The Biden campaign dismissed the earpiece claim as little more than a “distraction” and flatly denied asking for breaks.
“Of course he is not wearing an earpiece and we never asked for breaks,” Bedingfield said. She said the Trump campaign had asked that Wallace, the moderator, not mention that more than 200,000 Americans have died in the U.S. coronavirus outbreak. Murtaugh said on Twitter that “this is a lie and it never happened.”
Later, Biden tweeted a photo of a set of Apple earbuds and a pint of Jeni’s ice cream with the caption, “It’s debate night, so I’ve got my earpiece and performance enhancers ready,” the latter a reference to unfounded claims by Trump that the Democrat took such drugs.
With five weeks left until Election Day, polls show Biden leading Trump nationally and in key swing states. The Democrat’s campaign has approached the debate as a high-stakes moment when he could cement his advantage or see it begin to erode.
Biden, an experienced debater after previous presidential and vice presidential bids and 36 years in the Senate, has previewed an approach focused on what he considers Trump’s failures, including “criminal” mismanagement of the pandemic. He will also seek to portray a second Trump term as one that would cause irreparable harm to U.S. democracy.
For Trump, the debate is a critical opportunity to try to regain momentum after months of declining poll numbers.
Trump, never a stickler for presidential decorum, is likely to attack Biden in deeply personal terms, portraying him as doddering and senile and alleging that his son Hunter engaged in corruption in Ukraine and China by leveraging his father’s political position.
While debaters traditionally seek to raise expectations for their opponents, Trump and his allies have for weeks lowered the bar for Biden, 77, by arguing that he is mentally impaired and exhausted.
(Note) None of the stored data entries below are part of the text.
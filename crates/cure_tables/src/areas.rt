//! The areas of objects.
#![tactic(auto)]

ghost use Rattle.std.specs.Prelude.{◌≡◌, IfOk, length, map};
ghost use Rattle.std.specs.List.{All};
ghost use Rattle.cc_base.specs.Kinds.{kind_at};
ghost use Rattle.cil_form.specs.Machine.{plan};
ghost use Rattle.cured_code.specs.Tables.{area_of as line_area, areas_of as line_areas};
ghost use Rattle.cure_rules.specs.Calling.{is_tagged_kind};
ghost use Rattle.cure_rules.specs.Functions.{area_for, areas_for};
ghost use Rattle.cure_tables.specs.Objects.{IsObject};

use cc_base::{Kind, Kinds, NoMemory};
use cil_form::Planned;
use cured_code::AreaLine;
use fat_layouts::Layouts;
use std::alloc::Global;

/// Whether the area of an object with a home of this kind has tags.
fn is_tagged(kind: Kind) -> bool
    ensures { result ≡ is_tagged_kind kind }
{
    matches!(kind, Kind::Wild)
}

/// The area of an object: with tags where its home is WILD, else with as many bytes as it takes once cured. Takes no memory.
pub fn area_of(layouts: &Layouts, kinds: &Kinds, object: Planned) -> AreaLine
    requires object { IsObject layouts.now.table (length kinds.now) object }
    requires kinds { layouts.now.kinds ≡ kinds.now }
    ensures { line_area result ≡ area_for layouts.now.table (kind_at kinds.now) (plan object) }
{
    if is_tagged(kinds.kind_of(object.home)) {
        AreaLine {
            tagged: true,
            bytes: layouts.types().size_of(object.ty),
        }
    } else {
        AreaLine {
            tagged: false,
            bytes: layouts.cured_size(object.ty),
        }
    }
}

/// The areas of objects, one by one.
pub fn areas_of(
    alloc: Global,
    layouts: &Layouts,
    kinds: &Kinds,
    objects: &[Planned],
) -> Result<Vec<AreaLine>, NoMemory>
    requires objects { All (IsObject layouts.now.table (length kinds.now)) objects.now }
    requires kinds { layouts.now.kinds ≡ kinds.now }
    ensures { IfOk result (λ areas.
        line_areas areas.items ≡ areas_for layouts.now.table (kind_at kinds.now)
        (map plan objects.now)) }
{
    let mut areas = Vec::with_capacity(alloc, objects.len())?;
    'objects: for object in objects {
        areas.push(area_of(layouts, kinds, *object))?;
    }
    Ok(areas)
}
Only recently have Trump surrogates begun to focus on Biden’s experience in the forum.
That strategy could backfire. The coronavirus has sharply restricted the candidates’ ability to campaign, though Trump has resumed large in-person rallies. The debate will be the first opportunity for many voters to see Biden on a stage since the Democratic convention and he might only have to hold his own for the showdown with Trump to be declared a success.
But for some Democrats, a single gaffe or missed opportunity to take a swipe at Trump is likely to be cause for worry. Trump and his supporters, meanwhile, are likely to declare victory no matter what.
One planned topic of the debate will be the battle around Trump’s nomination of Amy Coney Barrett to the Supreme Court as a replacement for Justice Ruth Bader Ginsburg, who died Sept. 18.
Barrett’s nomination was greeted with enthusiasm by social conservatives, and Republicans are planning to try to confirm her to the court before Election Day. But many Democrats, including Biden, assert that putting in place a new justice so close to the election violates precedent and that the next president should make the nomination.
In keeping with the precautions that have transformed American life since the virus shut down large swathes of the country this spring, the Biden and Trump campaigns have agreed that the candidates won’t shake hands and there won’t be an audience in the hall to react to zingers.
The debaters will also keep well more than 6 feet apart, which will prevent Trump from repeating a maneuver he used in a 2016 debate, when he left his podium and loomed behind Hillary Clinton as she was speaking.
She later said the move unsettled her. “He was literally breathing down my neck,” she said in a recent memoir. “My skin crawled.”